Greece, from the glory of its Golden Age and its defeat of the Persian empire, first fell under the sway of the Macedonians who spread Greek culture through an extraordinary empire, yet extinguished the independence of the city-states. That empire soon fragmented. Greece fell to never-ending centuries of subjugation by Romans, Venetians, Franks, Byzantines, Turks. (A quite common family name in Greece is Anagnostopoulos -- the reader, the only person in each village allowed to be literate during the four hundred years of Turkish rule.) Then came the British, the Italians, Germans, Americans, and now the Euro-Banks. Philótimo could be seen as the single essential virtue to hold off humiliation and despair.

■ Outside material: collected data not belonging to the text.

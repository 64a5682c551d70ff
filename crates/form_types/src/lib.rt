//! Numbers for the types of a module, for the crates that check and intern them: equal types have
//! one id.
//!
//! Two declared types have one `CoreTypeId` exactly where they are equal by group and position. Ids
//! count distinct types from 0 on, in the order in which they first occur.
//!
//! ```
//! let types = Types::build(alloc, &Validator::new(7), &form)?;
//! let id = types.core_type_at_in_module(0);
//! let group = types.rec_group_id_of(id);
//! let members = types.members(group);
//! ```
//!
//! `Types::build` needs a module that satisfies the listed rules. Groups are found in a hash map,
//! whose seed depends on the bytes of the type section.
//!
//! Read on: `numbering`, `canonical`, `finishing`; `type_spec` defines equality, and `module_types`
//! interns the types.
#![tactic(auto)]

mod below;
mod canonical;
mod codes;
mod continuations;
mod copied;
mod distinct;
mod earlier_types;
mod elements;
mod finding;
mod list_lengths;
mod members;
mod named;
mod numbering;
mod type_list;
mod types;
mod validator;

pub use below::{heap_is_below, names_below, value_is_below};
pub use continuations::is_function;
pub use copied::numbering_of_form;
pub use elements::{CoreTypeIds, RecGroupId};
pub use numbering::Numbering;
pub use types::Types;
pub use validator::{Validator, ValidatorId};
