//! Groups that name types by ids, as groups of interned types.

ghost use Rattle.std.specs.Prelude.{◌≡◌, map};
ghost use Rattle.wasm_spec.specs.TypeData.{Concrete};
ghost use Rattle.type_spec.specs.Interned.{kind_of_type};
ghost use Rattle.form_reader.specs.Views as form;
ghost use Rattle.wasm_index.specs.Index.{number_of, index_of};
ghost use Rattle.wasm_types.specs.ValueViews.{heap_of};
ghost use Rattle.module_types.specs.Views.{index_at, span_of};
ghost use Rattle.module_types.specs.IndicesByKey.{noted_at};
ghost use Rattle.module_types.specs.Conversion.{HasIndex, KnowsId, index_by_id, look_by_id};

use crate::indices_by_key::IndicesByKey;
use crate::list::ModuleTypes;
use entity_map::EntityRef;
use form_reader::CompositeInnerType;
use form_types::Types;
use wasm_convert::TypeConvert;
use wasm_index::{ModuleInternedRecGroupSpace, ModuleInternedTypeIndex};
use wasm_spec::{CoreTypeId, UnpackedIndex};
use wasm_types::{EngineOrModuleTypeIndex, WasmHeapType};

/// A reference to the type at an index, which is of the kind of a composite type.
pub(crate) fn reference_to(
    composite: &CompositeInnerType,
    index: ModuleInternedTypeIndex,
) -> WasmHeapType
    ensures { heap_of result ≡ Concrete (record { kind = kind_of_type (form.composite_of composite.now); index = index_at (number_of index) }) }
{
    let index = EngineOrModuleTypeIndex::Module(index);
    match composite {
        CompositeInnerType::Func(_) => WasmHeapType::ConcreteFunc(index),
        CompositeInnerType::Array(_) => WasmHeapType::ConcreteArray(index),
        CompositeInnerType::Struct(_) => WasmHeapType::ConcreteStruct(index),
        CompositeInnerType::Cont(_) => WasmHeapType::ConcreteCont(index),
    }
}

/// Looks up ids of a list of types: those of groups that are interned, and those of the group that
/// is interned next.
#[derive(Clone, Copy)]
pub(crate) struct GroupConverter<'a> {
    pub(crate) list: &'a ModuleTypes,
    /// The group that was interned under each id of a group.
    pub(crate) ids: &'a IndicesByKey<ModuleInternedRecGroupSpace>,
    pub(crate) types: &'a Types,
    /// The index at which the group starts that is interned next.
    pub(crate) next: ModuleInternedTypeIndex,
}

impl GroupConverter<'_> {
    /// The index of the type of an id.
    pub(crate) fn index_of(&self, id: CoreTypeId) -> ModuleInternedTypeIndex
        requires { HasIndex self.now.types.now (number_of self.now.next) (map span_of self.now.list.now.groups) (noted_at self.now.ids.now) id.0 }
        ensures { result ≡ index_of (index_by_id self.now.types.now (number_of self.now.next) (map span_of self.now.list.now.groups) (noted_at self.now.ids.now) id.0) }
    {
        let group = self.types.rec_group_id_of(id);
        let Some(first) = self.types.rec_group_elements(group).next() else {
            unreachable!()
        };
        let place = id.0 - first.0;
        match self.ids.get(group.0) {
            Some(held) => {
                let (start, _end) = self.list.ends_of(held);
                ModuleInternedTypeIndex::from_u32(start + place)
            }
            None => ModuleInternedTypeIndex::from_u32(self.next.as_u32() + place),
        }
    }
}

impl TypeConvert for GroupConverter<'_> {
    ghost knows = { λ c i. KnowsId c.types.now (number_of c.next) (map span_of c.list.now.groups) (noted_at c.ids.now) i };

    ghost look_up = { λ c i. look_by_id c.types.now (number_of c.next) (map span_of c.list.now.groups) (noted_at c.ids.now) i };

    fn lookup_heap_type(&self, index: UnpackedIndex) -> WasmHeapType {
        match index {
            UnpackedIndex::Id(id) => reference_to(&self.types[id].composite, self.index_of(id)),
            _ => unreachable!(),
        }
    }

    fn lookup_type_index(&self, index: UnpackedIndex) -> EngineOrModuleTypeIndex {
        match index {
            UnpackedIndex::Id(id) => EngineOrModuleTypeIndex::Module(self.index_of(id)),
            _ => unreachable!(),
        }
    }
}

For 2000 years Greece has lived with a foreign knife in its back. The bankers of Western Europe now have their hands on that knife. Self-interest, greed, power, and the accompanying corruption certainly motivate Greeks as well as Euro-Bankers, but I have known the power of philótimo over many years. It will prevail.

It is by no means an entirely saintly trait. There is a devious, Byzantine quality to the Greek psyche which may also be essential for survival. The romantic notion of Greece as a cradle of civilization, a tourist's dream, a pastoral scene of colorful peasants, beautiful landscapes, coral beaches, remote islands, goats and ruins, the smashing of crockery to wild bouzouki dancing -- it is far from reality. There is a surplus of the ugly in Greece -- of avarice, of hideous modernity, corruption, exploitation. But though it is largely hidden, there is something about the tough, durable fiber, the pride of generosity, the fierce instinct for independence which is at the core of the Greek soul.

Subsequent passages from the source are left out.